GOAL OF THE EXERCISE:
For this exercise, output the line containing "keepbad (map (λ s. s.now) ins.now)) ≡" and every line after it through the end of the records, exactly, and no other line.
START EXERCISE INPUT
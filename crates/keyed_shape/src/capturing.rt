//! The columns of changes between two inputs, and those of funnels.

ghost use Rattle.std.specs.Prelude.{◌≡◌, ◌<◌, ◌^◌, codes, length, map, None, IfOk};
ghost use Rattle.shape_base.specs.Causes.{first_cause};
ghost use Rattle.shape_base.specs.Fields.{first_fields};
ghost use Rattle.keyed_shape.specs.Keyed.{other_columns};
ghost use Rattle.keyed_shape.specs.Matched.{code_field, capture_fields, capture_causes, funnel_causes, value_columns};

use crate::alike::{inputs_cause, schemas_cause, values_cause};
use crate::keying::other_columns;
use ds_schema::{Field, Schema};
use ds_value::{Copied, Items, Kind, Name, NoMemory};
use shape_base::inputs::first;
use shape_base::naming::columns;
use shape_base::{ShapeWhy, fields_cause};
use std::alloc::Global;

fn code_name(alloc: Global) -> Result<Name, NoMemory>
    ensures { IfOk result (λ name. name ≡ codes "change_code") }
{
    match Name::from_bytes(alloc, b"change_code".as_slice())? {
        Some(name) => Ok(name),
        None => unreachable!(),
    }
}

/// The field `change_code: int8`.
fn code_field(alloc: Global) -> Result<Field, NoMemory>
    ensures { IfOk result (λ field. field ≡ code_field) }
{
    Ok(Field {
        name: code_name(alloc)?,
        nullable: false,
        kind: Kind::Int(8),
    })
}

fn capture_fields(alloc: Global, fields: &[Field]) -> Result<Vec<Field>, NoMemory>
    ensures { IfOk result (λ made. made.items ≡ capture_fields fields.now) }
{
    let mut made = Vec::new(alloc);
    for field in fields {
        made.push(field.copied()?)?;
    }
    made.push(code_field(alloc)?)?;
    Ok(made)
}

/// What is wrong at a capture of changes.
pub fn capture_cause(
    alloc: Global,
    key: &[(Name, bool)],
    values: &[Name],
    ins: &[&Schema],
) -> Result<Option<ShapeWhy>, NoMemory>
    requires { 0 < length ins.now }
    ensures { IfOk result (λ cause. cause ≡ first_cause (capture_causes key.now values.now (map (λ s. s.now) ins.now))) }
{
    if let Some(why) = inputs_cause(key, ins) {
        return Ok(Some(why));
    }
    if let Some(why) = values_cause(values, ins) {
        return Ok(Some(why));
    }
    if let Some(why) = schemas_cause(ins) {
        return Ok(Some(why));
    }
    let made = capture_fields(alloc, first(ins).as_slice())?;
    Ok(fields_cause(made.as_slice()))
}

/// The schema of changes: that of the inputs with the code of the change.
pub fn capture_schema(
    alloc: Global,
    key: &[(Name, bool)],
    values: &[Name],
    ins: &[&Schema],
) -> Result<Schema, NoMemory>
    requires some { 0 < length ins.now }
    requires sound { first_cause (capture_causes key.now values.now (map (λ s. s.now) ins.now)) ≡ None }
    ensures { IfOk result (λ schema. schema ≡ capture_fields (first_fields (map (λ s. s.now) ins.now))) }
{
    let fields = capture_fields(alloc, first(ins).as_slice())?;
    Ok(Schema::from_vec(fields))
}

/// The columns that are compared: those that are named, or by default all that no key names.
pub fn value_columns(
    alloc: Global,
    key: &[(Name, bool)],
    values: &[Name],
    fields: &[Field],
) -> Result<Items<u32>, NoMemory>
    requires { length fields.now < 2 ^ 32 }
    ensures { IfOk result (λ cols. cols ≡ value_columns key.now values.now fields.now) }
{
    match values {
        [] => other_columns(alloc, key, fields),
        _ => columns(alloc, fields, values),
    }
}

/// What is wrong at a funnel.
pub fn funnel_cause(sort: &[(Name, bool)], ins: &[&Schema]) -> Option<ShapeWhy>
    requires { 0 < length ins.now }
    ensures { result ≡ first_cause (funnel_causes sort.now (map (λ s. s.now) ins.now)) }
{
    match inputs_cause(sort, ins) {
        Some(why) => Some(why),
        None => schemas_cause(ins),
    }
}
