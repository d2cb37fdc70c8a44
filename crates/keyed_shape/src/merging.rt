//! The columns of a merge: the master's, then the other columns of each update.

ghost use Rattle.std.specs.Prelude.{◌≡◌, ◌<◌, ◌++◌, length, map, None, IfOk, OnOk};
ghost use Rattle.std.specs.List.{AllByRecursion, flat_map, list_any};
ghost use Rattle.ds_schema.specs.Schemas.{IsField};
ghost use Rattle.shape_base.specs.Causes.{first_cause};
ghost use Rattle.keyed_shape.specs.Keyed.{field_named, nullable_if, other_fields};
ghost use Rattle.keyed_shape.specs.Matched.{master_field, merge_causes, merge_fields, merge_output};

use crate::alike::inputs_cause;
use crate::keying::{is_key, is_nullable, nullable_if, push_others};
use ds_schema::{Field, Schema};
use ds_value::{Name, NoMemory};
use shape_base::inputs::first;
use shape_base::{ShapeWhy, fields_cause};
use std::alloc::Global;

/// Whether the column of that name may be null on one of the inputs.
fn any_nullable(ins: &[&Schema], name: &Name) -> bool
    ensures { result ≡ list_any (λ fields. (field_named fields name.now).nullable) (map (λ s. s.now) ins.now) }
{
    match ins {
        [] => false,
        [schema, more @ ..] => is_nullable(schema.as_slice(), name) || any_nullable(more, name),
    }
}

/// A column of the master; a key may be null where it may on any input.
fn master_field(key: &[(Name, bool)], updates: &[&Schema], field: &Field) -> Result<Field, NoMemory>
    ensures { IfOk result (λ made. made ≡ master_field key.now (map (λ s. s.now) updates.now) field.now) }
{
    let test = is_key(key, &field.name) && any_nullable(updates, &field.name);
    nullable_if(test, field)
}

fn master_fields(
    alloc: Global,
    key: &[(Name, bool)],
    updates: &[&Schema],
    master: &[Field],
) -> Result<Vec<Field>, NoMemory>
    ensures { IfOk result (λ made. made.items ≡ map (master_field key.now (map (λ s. s.now) updates.now)) master.now) }
{
    let mut made = Vec::new(alloc);
    for field in master {
        made.push(master_field(key, updates, field)?)?;
    }
    Ok(made)
}

/// Appends the other columns of each update; they may also be null where the test holds.
fn push_updates(
    alloc: Global,
    made: &mut Vec<Field>,
    key: &[(Name, bool)],
    test: bool,
    updates: &[&Schema],
) -> Result<(), NoMemory>
    ensures made { OnOk result (made.new.items ≡ made.old.items ++ flat_map (λ fields. map (nullable_if test) (other_fields key.now fields)) (map (λ s. s.now) updates.now)) }
    ensures each { OnOk result (AllByRecursion IsField made.old.items → AllByRecursion IsField made.new.items) }
{
    for schema in updates {
        push_others(alloc, made, key, test, schema.as_slice())?;
    }
    Ok(())
}

fn merge_fields(
    alloc: Global,
    key: &[(Name, bool)],
    keepbad: bool,
    ins: &[&Schema],
) -> Result<Vec<Field>, NoMemory>
    requires { 0 < length ins.now }
    ensures made { IfOk result (λ made. made.items ≡ merge_fields key.now keepbad (map (λ s. s.now) ins.now)) }
    ensures each { IfOk result (λ made. AllByRecursion IsField made.items) }
{
    let updates = &ins[1..];
    let mut made = master_fields(alloc, key, updates, first(ins).as_slice())?;
    let may_miss = keepbad || updates.len() >= 2;
    push_updates(alloc, &mut made, key, may_miss, updates)?;
    Ok(made)
}

/// What is wrong at a merge; `keepbad` says that masters without any update are kept.
pub fn merge_cause(
    alloc: Global,
    key: &[(Name, bool)],
    keepbad: bool,
    ins: &[&Schema],
) -> Result<Option<ShapeWhy>, NoMemory>
    requires { 0 < length ins.now }
    ensures { IfOk result (λ cause. cause ≡ first_cause (merge_causes key.now keepbad (map (λ s. s.now) ins.now))) }
{
    if let Some(why) = inputs_cause(key, ins) {
        return Ok(Some(why));
    }
    let made = merge_fields(alloc, key, keepbad, ins)?;
    Ok(fields_cause(made.as_slice()))
}

/// The schema of merged rows, or of the updates of an input that are rejected.
pub fn merge_schema(
    alloc: Global,
    key: &[(Name, bool)],
    keepbad: bool,
    ins: &[&Schema],
    out: u32,
) -> Result<Schema, NoMemory>
    requires some { 0 < length ins.now }
    requires sound { first_cause (merge_causes key.now keepbad (map (λ s. s.now) ins.now)) ≡ None }
    ensures { IfOk result (λ schema. schema ≡ merge_output key.now keepbad (map (λ s. s.now) ins.now) out) }
{
    if out == 0 {
        let fields = merge_fields(alloc, key, keepbad, ins)?;
        return Ok(Schema::from_vec(fields));
    }
    match ins.get(out as usize) {
        Some(schema) => schema.copied(),
        None => first(ins).copied(),
    }
}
END EXERCISE INPUT
ANSWER BELOW:
    requires sound { first_cause (merge_causes key.now keepbad (map (λ s. s.now) ins.now)) ≡ None }
    ensures { IfOk result (λ schema. schema ≡ merge_output key.now keepbad (map (λ s. s.now) ins.now) out) }
{
    if out == 0 {
        let fields = merge_fields(alloc, key, keepbad, ins)?;
        return Ok(Schema::from_vec(fields));
    }
    match ins.get(out as usize) {
        Some(schema) => schema.copied(),
        None => first(ins).copied(),
    }
}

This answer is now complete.